Oracle International Corporation

Inventor(s)

Praneet Pabolu of Bangalore (IN)

Karan Dua of Najibabad (IN)

Sriram Chaudhury of Bangalore (IN)

MULTI-LINGUAL NATURAL LANGUAGE GENERATION - A simplified explanation of the abstract

This abstract first appeared for US patent application 18318315 titled 'MULTI-LINGUAL NATURAL LANGUAGE GENERATION

Simplified Explanation

The method described in the abstract involves training a base model for text generation and summarization using an input model pretrained on multiple languages and a base vocabulary.
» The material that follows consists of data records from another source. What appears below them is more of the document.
use super::every::is_any_alone;
use super::gap::{Gap, around, gap_of};
use super::gapped::rows_by_gap;
use super::rarest::{looked_by, positions};
use super::scan::scan_text;
use super::scratch::Scratch;
use super::sequence::{Sequence, add_rows, is_sequence, sets_none};
use super::spans::{is_tag, rows_by_spans};
use super::walk::Walk;
use mt_automaton::{Automaton, Pool, labels_stand};
use mt_base::Steps;
use mt_cql::{Expr, Query};
use mt_eval_laws::{have_rows_in, no_more_than_all, places_are_listed};
use mt_prepare::{KnownRows, Prepared, PreparedExpr, Resolved, Sighted};
use mt_rows::{EvalError, RowList, Rows};
use mt_segment::Segment;
use mt_segment_laws::tables_are_whole;
use mt_shapes::{Work, rows_of_text};
use std::alloc::Global;
use std::sync::ledger::Ledger;

/// The tokens of a segment that are looked at one after another, for which an automaton would be made at greater cost.
const FEW_TOKENS: u32 = 256;

/// How many tokens a gap may have that is looked for at each of so few tokens.
const SHORT_GAP: u32 = 3;

/// How many it may have where there is only a quarter of them.
const LONG_GAP: u32 = 15;

/// What is asked: a query that is ready for a segment, of some texts of it.
#[derive(Clone, Copy, Drop)]
pub(crate) struct Asked<'a> {
    pub(crate) query: &'a Query,
    pub(crate) prepared: &'a Prepared,
    pub(crate) segment: &'a Segment,
    pub(crate) texts: &'a [u32],
}

/// Adds the rows of an expression in one text.
fn add_text(
    work: &mut Work,
    segment: &Segment,
    expr: &Expr,
    ready: &PreparedExpr,
    automaton: &Automaton,
    sighted: &mut Sighted,
    text: u32,
    room: u32,
    out: &mut Rows,
) -> Result<(), EvalError>
    requires text { text < length segment.now.texts }
    requires ready { IsReady segment.now (shape expr.now) ready.now }
    requires automaton { IsOf (shape expr.now) automaton.now }
    requires sighted { IsSighted segment.now (shape expr.now) sighted.old }
    ensures sighted { IsSighted segment.now (shape expr.now) sighted.new }
    ensures ok { OnOk result (Appends (IsRowOfText (told segment.now text) (shape expr.now) text) room out.old out.new) }
    ensures more { IsErrOf result EvalError.TooManyRows → HasLonger (IsRowOfText (told segment.now text) (shape expr.now) text) room }
{
    sighted.enter(ready, segment, text)?;
    let view = sighted.view(expr, ready, segment, text);
    rows_of_text(work, &view, automaton, text, room, out)
}

/// The rows of an expression in the texts, one text after another.
fn rows_in_texts(
    alloc: Global,
    asked: &Asked<'_>,
    expr: &Expr,
    ready: &PreparedExpr,
    automaton: &Automaton,
    sighted: &mut Sighted,
    room: u32,
    mut out: Rows,
) -> Result<Rows, EvalError>
    requires query { IsFor asked.now.segment.now asked.now.query.now }
    requires texts { AreTexts asked.now.segment.now asked.now.texts.now }
    requires valid { (number : _) × (number < length (heads asked.now.query.now)) × (expr_at (heads asked.now.query.now) number ≡ shape expr.now) }
    requires ready { IsReady asked.now.segment.now (shape expr.now) ready.now }
    requires automaton { IsOf (shape expr.now) automaton.now }
    requires sighted { IsSighted asked.now.segment.now (shape expr.now) sighted.old }
    requires none { out ≡ [] }
    ensures rows { IfOk result (λ rows. RowsIn asked.now.segment.now asked.now.texts.now (shape expr.now) rows) }
    ensures room { IfOk result (λ rows. length rows ≤ room) }
    ensures too_many { IsErrOf result EvalError.TooManyRows → PassesRoom asked.now.segment.now asked.now.texts.now (shape expr.now) room }
{
    have_rows_in();
    no_more_than_all();
    let mut work = Work::new(alloc);
    for text in asked.texts {
        let left = room - out.len() as u32;
        add_text(
            &mut work,
            asked.segment,
            expr,
            ready,
            automaton,
            sighted,
            *text,
            left,
            &mut out,
        )?;
    }
    Ok(out)
}

/// The rows of an expression in the texts, by its automaton.
fn rows_by_automaton<L: Ledger>(
    alloc: Global,
    asked: &Asked<'_>,
    expr: &Expr,
    ready: &PreparedExpr,
    room: u32,
    known: &mut KnownRows,
    steps: &mut Steps<L>,
    out: Rows,
) -> Result<Rows, EvalError>
    requires query { IsFor asked.now.segment.now asked.now.query.now }
    requires texts { AreTexts asked.now.segment.now asked.now.texts.now }
    requires valid { (number : _) × (number < length (heads asked.now.query.now)) × (expr_at (heads asked.now.query.now) number ≡ shape expr.now) }
    requires ready { IsReady asked.now.segment.now (shape expr.now) ready.now }
    requires known { AreKnownIn asked.now.segment.now known.old }
    requires none { out ≡ [] }
    ensures known { AreKnownIn asked.now.segment.now known.new }
    ensures rows { IfOk result (λ rows. RowsIn asked.now.segment.now asked.now.texts.now (shape expr.now) rows) }
    ensures room { IfOk result (λ rows. length rows ≤ room) }
    ensures too_many { IsErrOf result EvalError.TooManyRows → PassesRoom asked.now.segment.now asked.now.texts.now (shape expr.now) room }
    ensures rises { steps.old ≤ steps.new }
{
    labels_stand();
    let automaton = Automaton::compile(alloc, expr)?;
    let mut pool = Pool::new(alloc);
    let mut sighted = Sighted::new(alloc, &mut pool, known, expr, ready, asked.segment, steps)?;
    rows_in_texts(
        alloc,
        asked,
        expr,
        ready,
        &automaton,
        &mut sighted,
        room,
        out,
    )
}

/// The rows of a sequence in the texts. Each of their tokens is looked at.
fn rows_by_scan<L: Ledger>(
    asked: &Asked<'_>,
    sequence: &Sequence<'_>,
    room: u32,
    steps: &mut Steps<L>,
    mut out: Rows,
) -> Result<Rows, EvalError>
    requires query { IsFor asked.now.segment.now asked.now.query.now }
    requires texts { AreTexts asked.now.segment.now asked.now.texts.now }
    requires valid { (number : _) × (number < length (heads asked.now.query.now)) × (expr_at (heads asked.now.query.now) number ≡ shape sequence.now.expr.now) }
    requires tests { AreTestsOf asked.now.segment.now (shape sequence.now.expr.now) sequence.now.tests.now }
    requires by { sequence.now.by < length sequence.now.tests.now }
    requires none { out ≡ [] }
    ensures rows { IfOk result (λ rows. RowsIn asked.now.segment.now asked.now.texts.now (shape sequence.now.expr.now) rows) }
    ensures room { IfOk result (λ rows. length rows ≤ room) }
    ensures too_many { IsErrOf result EvalError.TooManyRows → PassesRoom asked.now.segment.now asked.now.texts.now (shape sequence.now.expr.now) room }
    ensures rises { steps.old ≤ steps.new }
{
    have_rows_in();
    no_more_than_all();
    for text in asked.texts {
        let left = room - out.len() as u32;
        scan_text(sequence, asked.segment, *text, left, steps, &mut out)?;
    }
    Ok(out)
}

/// Whether the tokens of a segment are looked at one after another for an expression: it is one test of a token after another, and they are few, or it is one test that
/// holds of each of them.
fn is_scanned(segment: &Segment, expr: &Expr, tests: &[Resolved]) -> bool
    ensures { IsTrue result → IsSequence (shape expr.now) }
{
    (segment.tokens() <= FEW_TOKENS || is_any_alone(tests)) && is_sequence(expr)
}

/// How many tokens a gap may have that is looked for at each of so many tokens.
fn longest_gap(tokens: u32) -> u32
    ensures { result < 4294967295 }
{
    if tokens <= FEW_TOKENS / 4 {
        LONG_GAP
    } else {
        SHORT_GAP
    }
}

/// The gap of an expression whose rows are looked for at each token: it is tests of tokens with one gap among them, the tokens are few, and the gap is short.
fn short_gap(segment: &Segment, expr: &Expr, tests: &[Resolved]) -> Option<Gap>
    requires many { length tests.now ≡ length (token_tests (shape expr.now)) }
    ensures gap { IfSome result (λ gap. HasGap (shape expr.now) gap.before gap.least gap.most) }
    ensures few { IfSome result (λ gap. gap.most < 4294967295) }
{
    let tokens = segment.tokens();
    if tokens > FEW_TOKENS || tests.len() > FEW_TOKENS as usize {
        return None;
    }
    match gap_of(expr) {
        None => None,
        Some(gap) => {
            if gap.most <= longest_gap(tokens) {
                Some(gap)
            } else {
                None
            }
        }
    }
}
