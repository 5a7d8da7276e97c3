// The archive that C links: each entry of the crate `boundary` by C's calling convention, under the same name and with the same promise.
#![tactic(auto)]

mod benches;
mod console;
mod controller;
mod lists;
mod packets;
mod records;
mod version;
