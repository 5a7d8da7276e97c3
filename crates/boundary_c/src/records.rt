// Number records in C's hands: an end, 1 console or 2 controller, a number, and a block, which is 0 for a record of version 1.
ghost use Rattle.std.specs.Prelude.{◌≡◌, length};
ghost use Rattle.wire.specs.Record.{record_read, record_of};
ghost use Rattle.boundary.specs.Records.{record_out, record_put_refusal, record_put, carry_refusal, carried};

// Reads a number record of 12 or 16 bytes. A refusal leaves all three places.
#[unsafe(no_mangle)]
pub extern "C" fn nooseless_read_record(
    record: &[u8],
    end: &mut u8,
    number: &mut u32,
    block: &mut u16,
) -> u8
    ensures { record { refusal = result; end = end.new; number = number.new; block = block.new } ≡ record_out (record_read «record».now) end.old number.old block.old }
{
    boundary::records::nooseless_read_record(record, end, number, block)
}

// Writes a number record: version 1 to 12 bytes where the block is 0, else version 2 to 16.
#[unsafe(no_mangle)]
pub extern "C" fn nooseless_write_record(out: &mut [u8], end: u8, number: u32, block: u16) -> u8
    ensures { (result ≡ record_put_refusal (length out.old) block (record_of end number block)) × (out.new ≡ record_put out.old (record_of end number block)) }
{
    boundary::records::nooseless_write_record(out, end, number, block)
}

// Carries a number record to the version that the length of `to` names.
#[unsafe(no_mangle)]
pub extern "C" fn nooseless_carry_record(from: &[u8], to: &mut [u8]) -> u8
    ensures { (result ≡ carry_refusal (length to.old) (record_read from.now)) × (to.new ≡ carried to.old (record_read from.now)) }
{
    boundary::records::nooseless_carry_record(from, to)
}
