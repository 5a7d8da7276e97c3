// Packets in C's hands: kind, two numbers and 16 bytes of message.
ghost use Rattle.std.specs.Prelude.{◌≡◌, length};
ghost use Rattle.wire.specs.Packet.{head_of};
ghost use Rattle.boundary.specs.Packets.{packet_out, head_refusal, head_put};

// Reads a packet of 32 bytes. A refusal leaves every place.
#[unsafe(no_mangle)]
pub extern "C" fn nooseless_read_packet(
    packet: &[u8],
    kind: &mut u8,
    first: &mut u32,
    second: &mut u32,
    message: &mut [u8; 16],
) -> u8
    ensures { record { refusal = result; kind = kind.new; first = first.new; second = second.new; message = message.new } ≡ packet_out packet.now kind.old first.old second.old message.old }
{
    boundary::packets::nooseless_read_packet(packet, kind, first, second, message)
}

// Writes a packet to 32 bytes.
#[unsafe(no_mangle)]
pub extern "C" fn nooseless_write_packet(
    out: &mut [u8],
    kind: u8,
    first: u32,
    second: u32,
    message: &[u8; 16],
) -> u8
    ensures { (result ≡ head_refusal (length out.old) (head_of kind first second) message.now) × (out.new ≡ head_put out.old (head_of kind first second) message.now) }
{
    boundary::packets::nooseless_write_packet(out, kind, first, second, message)
}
The base model is trained using enhanced training datasets generated from public data to improve its performance in generating text and summarizing information.

  • The method involves preparing a base model using an input model pretrained on at least three different languages and a base vocabulary with words from two of those languages.
  • The base model is then trained using enhanced training datasets generated from public data to create text summarization and generation models.
  • The base model is further trained using datasets generated from the initial training datasets to improve its performance in generating the next sentence in a given text.

Potential Applications

This technology could be applied in various fields such as natural language processing, machine translation, and content generation for automated systems.

Problems Solved

This technology addresses the challenge of improving text generation and summarization models by leveraging multilingual pretrained models and enhanced training datasets.

Benefits

The use of multilingual pretrained models and enhanced training datasets can lead to more accurate and contextually relevant text generation and summarization, improving the overall quality of automated content creation.

Potential Commercial Applications

This technology could be utilized in content generation tools, chatbots, automated customer service systems, and other applications that require natural language processing capabilities.

Possible Prior Art

One possible prior art could be the use of pretrained language models in natural language processing tasks, as well as the use of enhanced training datasets to improve model performance.

Unanswered Questions

How does this method compare to existing text generation and summarization techniques?

This article does not provide a direct comparison to existing methods in the field. It would be helpful to understand the specific advantages and limitations of this approach compared to traditional text generation and summarization techniques.

What are the potential limitations or challenges of implementing this technology in real-world applications?

The article does not address the practical considerations or challenges that may arise when implementing this technology in real-world scenarios. It would be valuable to explore the potential obstacles or limitations that could affect the adoption and effectiveness of this method.


Original Abstract Submitted

A method includes preparing a base model using an input model pretrained on at least three languages different from each other and a base vocabulary including words corresponding to two languages among the at least three languages, where the preparing the base model includes constraining the input model to the words included in the base vocabulary; training the base model using a first enhanced training dataset generated from public data, to generate a text summarization model; training the base model using a second enhanced training dataset generated from the first enhanced training dataset, to generate a text generation model; and training the base model using a third enhanced training dataset that is generated using the second enhanced training dataset and the text summarization model, to generate a next sentence generation model.